What is the standard claim procedure?
There is no specific step by step procedure and it will depend on the gravity of the claim e.g. minor aircraft hull damage only vs. aircraft crash involving death of passengers and third parties. However, we may share general claim guidelines as follows:-
1. You must give notice as soon as reasonably practicable of any claim or potential claim or occurrence, incident or circumstance likely to give rise to a claim under your policy. Usually in this time and age, within 24 hours is the practice. Preliminary details should include aircraft, registration number, place of loss, general description of damage, photos and site contact personnel details.
2. Provide full particulars in writing of such claim or potential claim or occurrence, incident or circumstance likely to give rise to a claim, and immediately forward any letters or documents relating thereto comprising of all log books and other records in connection with the aircraft.
3. For expected liability claims, give notice of any impending prosecution.
4. Render such further information and assistance as the insurer may reasonably require.
5. Not act in any way to the detriment or prejudice of the interests of the insurer.
6. Not make any admission of liability or payment or offer or promise of payment without the written consent of the insurer.

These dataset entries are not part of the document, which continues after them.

//! The meaning of programs, step by step, and that a typed program never gets stuck.
#![tactic(auto)]

pub mod model;
pub mod progress;
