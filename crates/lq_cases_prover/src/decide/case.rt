// A case and its answer.
use crate::decide::deciding::case_text;
use crate::decide::error::{CaseError, given};
use lq_cases_kit::{push_past, push_pred};
use std::alloc::{AllocError, Global};

/// How many pivots a check makes where a case doesn't say.
const PIVOTS: u64 = 67_108_864;

// The answer of the kind of case that the first word names.
fn found(alloc: Global, line: &str) -> Result<String, CaseError> {
    let (kind, rest) = given(line.split_once(' '))?;
    match kind {
        "case" => case_text(alloc, rest, PIVOTS),
        "within" => {
            let (limit, rest) = given(rest.split_once(' '))?;
            let limit = given(limit.parse::<u64>().ok())?;
            case_text(alloc, rest, limit)
        }
        _ => Err(CaseError::NotACase),
    }
}

/// The answer of a case.
pub(crate) fn answer(alloc: Global, line: &str) -> Result<String, AllocError> {
    match found(alloc, line) {
        Ok(answer) => Ok(answer),
        Err(CaseError::NotACase) => String::from_str(alloc, "not a case"),
        Err(CaseError::Ungathered(pred)) => {
            let mut out = String::from_str(alloc, "past ")?;
            push_pred(&mut out, &pred)?;
            Ok(out)
        }
        Err(CaseError::Past(past)) => {
            let mut out = String::from_str(alloc, "the check is past: ")?;
            push_past(&mut out, &past)?;
            Ok(out)
        }
        Err(CaseError::Memory) => Err(AllocError),
    }
}
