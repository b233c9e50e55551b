// Whether two terms apply one of `*`, `/` and `mod`.
ghost use Rattle.std.specs.Prelude.{◌≡◌, ◌<◌, IsTrue, length};
ghost use Rattle.lq_cases_prover.specs.Decide.Pairs.{AreAlone, IsAlone, apply_one};
ghost use Rattle.lq_logic_predicates.specs.TableView.{terms_of};
ghost use Rattle.lq_logic_predicates.specs.TermView.{sum_of};

use lq_logic_predicates::{Term, TermTable};

/// Whether two terms apply one of `*`, `/` and `mod`.
fn apply_one(first: &Term, second: &Term) -> bool
    ensures { result ≡ apply_one (sum_of first.now) (sum_of second.now) }
{
    match (first, second) {
        (Term::Mul(_, _), Term::Mul(_, _))
        | (Term::Div(_, _), Term::Div(_, _))
        | (Term::Mod(_, _), Term::Mod(_, _)) => true,
        _ => false,
    }
}

/// Whether no term before one applies the same of these.
fn is_alone(table: &TermTable, at: u64) -> bool
    requires { at < length (terms_of table.now) }
    ensures { IsTrue result → IsAlone (terms_of table.now) at }
{
    for earlier in 0..at {
        if apply_one(table.term(earlier), table.term(at)) {
            return false;
        }
    }
    true
}

/// Whether no two terms of a table apply one of `*`, `/` and `mod`.
pub(crate) fn are_alone(table: &TermTable) -> bool
    ensures { IsTrue result → AreAlone (terms_of table.now) }
{
    for at in 0..table.len() {
        if !is_alone(table, at) {
            return false;
        }
    }
    true
}
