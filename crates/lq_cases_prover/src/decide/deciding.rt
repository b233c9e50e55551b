// What `decide` answers, checked by the evidence that it gives.
ghost use Rattle.std.specs.Prelude.{All};
ghost use Rattle.lq_prover_decide.specs.CaseView.{case_of};
ghost use Rattle.lq_prover_decide.specs.Deciding.{Fits, PairsAreDecided};
ghost use Rattle.lq_prover_proof_tree.specs.Literals.Gathered.{CanBeGathered};
ghost use Rattle.lq_logic_predicates.specs.Comparison.{CanGather};
ghost use Rattle.lq_logic_predicates.specs.Literals.{implication_literals};
ghost use Rattle.lq_logic_predicates.specs.PredView.{implication_of as closed_of};

use crate::decide::error::CaseError;
use crate::decide::meeting::is_met;
use crate::decide::pairs::are_alone;
use crate::decide::reading::{implication_of, literals_of};
use crate::decide::refuting::{is_refuted, push_forms};
use lq_cases_kit::{push_past, push_pred};
use lq_logic_predicates::{Closed, Stop};
use lq_prover_decide::{CaseAnswer, Literals, decide};
use lq_prover_proof_tree::literals::first_past;
use lq_prover_proof_tree::trees::ProofTree;
use std::alloc::Global;
use std::fmt::Write;

fn stopped(alloc: Global, stop: Stop) -> Result<String, CaseError> {
    let mut out = String::new(alloc);
    match stop {
        Stop::Number(past) => push_past(&mut out, &past)?,
        Stop::Gather(pred) => {
            out.push_str("past ")?;
            push_pred(&mut out, &pred)?;
        }
        Stop::Pivots(count) => write!(out, "pivots {count}")?,
        Stop::Memory => return Err(CaseError::Memory),
    }
    Ok(out)
}

fn refuted(alloc: Global, literals: &Literals, tree: &ProofTree) -> Result<String, CaseError> {
    if !is_refuted(alloc, literals, tree)? {
        return Ok(String::from_str(alloc, "no point, but its tree doesn't prove it")?);
    }
    let mut out = String::from_str(alloc, "no point by ")?;
    push_forms(&mut out, tree)?;
    out.push_str(", checked")?;
    Ok(out)
}

fn decided(alloc: Global, literals: &Literals, limit: u64) -> Result<String, CaseError>
    requires gathers { All CanGather (implication_literals (case_of literals.now).implication) }
    requires fits { Fits (case_of literals.now) }
    requires pairs { PairsAreDecided (case_of literals.now) }
{
    match decide(alloc, literals, limit) {
        Ok(CaseAnswer::NoPoint(tree)) => refuted(alloc, literals, &tree),
        Ok(CaseAnswer::Has(point)) => {
            if is_met(literals, &point)? {
                Ok(String::from_str(alloc, "has a point, checked")?)
            } else {
                Ok(String::from_str(alloc, "has a point, but not this one")?)
            }
        }
        Err(stop) => stopped(alloc, stop),
    }
}

/// The answer of the case of an implication, each literal of which can be gathered.
fn gathered(alloc: Global, implication: Closed, limit: u64) -> Result<String, CaseError>
    requires { CanBeGathered (closed_of implication) }
{
    let mut table = implication.terms(alloc)?;
    if !are_alone(&table) {
        return Err(CaseError::NotACase);
    }
    let facts = literals_of(alloc, &implication, &mut table)?;
    let literals = Literals::new(facts, table, implication);
    decided(alloc, &literals, limit)
}

/// The answer of the case of a text. A check makes at most `limit` pivots.
pub(crate) fn case_text(alloc: Global, text: &str, limit: u64) -> Result<String, CaseError> {
    let implication = implication_of(alloc, text)?;
    match first_past(alloc, &implication)? {
        Some(pred) => Err(CaseError::Ungathered(pred)),
        None => gathered(alloc, implication, limit),
    }
}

In the event of theft which is likely to give rise to a claim under your policy, you must also report details to the police as soon as is reasonably practicable and provide a copy of the official police report / crime number to the insurer at the time of claim.
In addition to the above guidelines, an adjuster and/or lawyer would be appointed to be agreed by the insurer to assist you in case of a claim.
What are the required claim documents?
Basic claim documents, as applicable, are as follows:-
- Incident Report
- Aircraft Certificate of Registration
- Aircraft Certificate of Airworthiness
- Aircraft Certificate of Maintenance Release
- Aircraft Maintenance Logbook
- Aircraft Engine Logbook (each engine for modular models)
- Pilot License
- Pilot Logbook
- Pilot Latest Medical Certificate
- Passenger Manifest
- Cargo Manifest
- Loadsheet/Weight and Balance Sheet
- Weather Report (en route and at arrival)
- Last entry from Technical Log
- Passenger Demand Letters
- Aircraft Lease Agreement
Underwriters may request for more documents depending on the type and gravity of the accident, as needed.
Do you offer Loss of Licence insurance (LOL) for individual pilots?
Yes we can offer Loss of Licence insurance (LOL) for individual pilots if you meet the criteria. Please see our Individual Loss of Licence Insurance page for more details.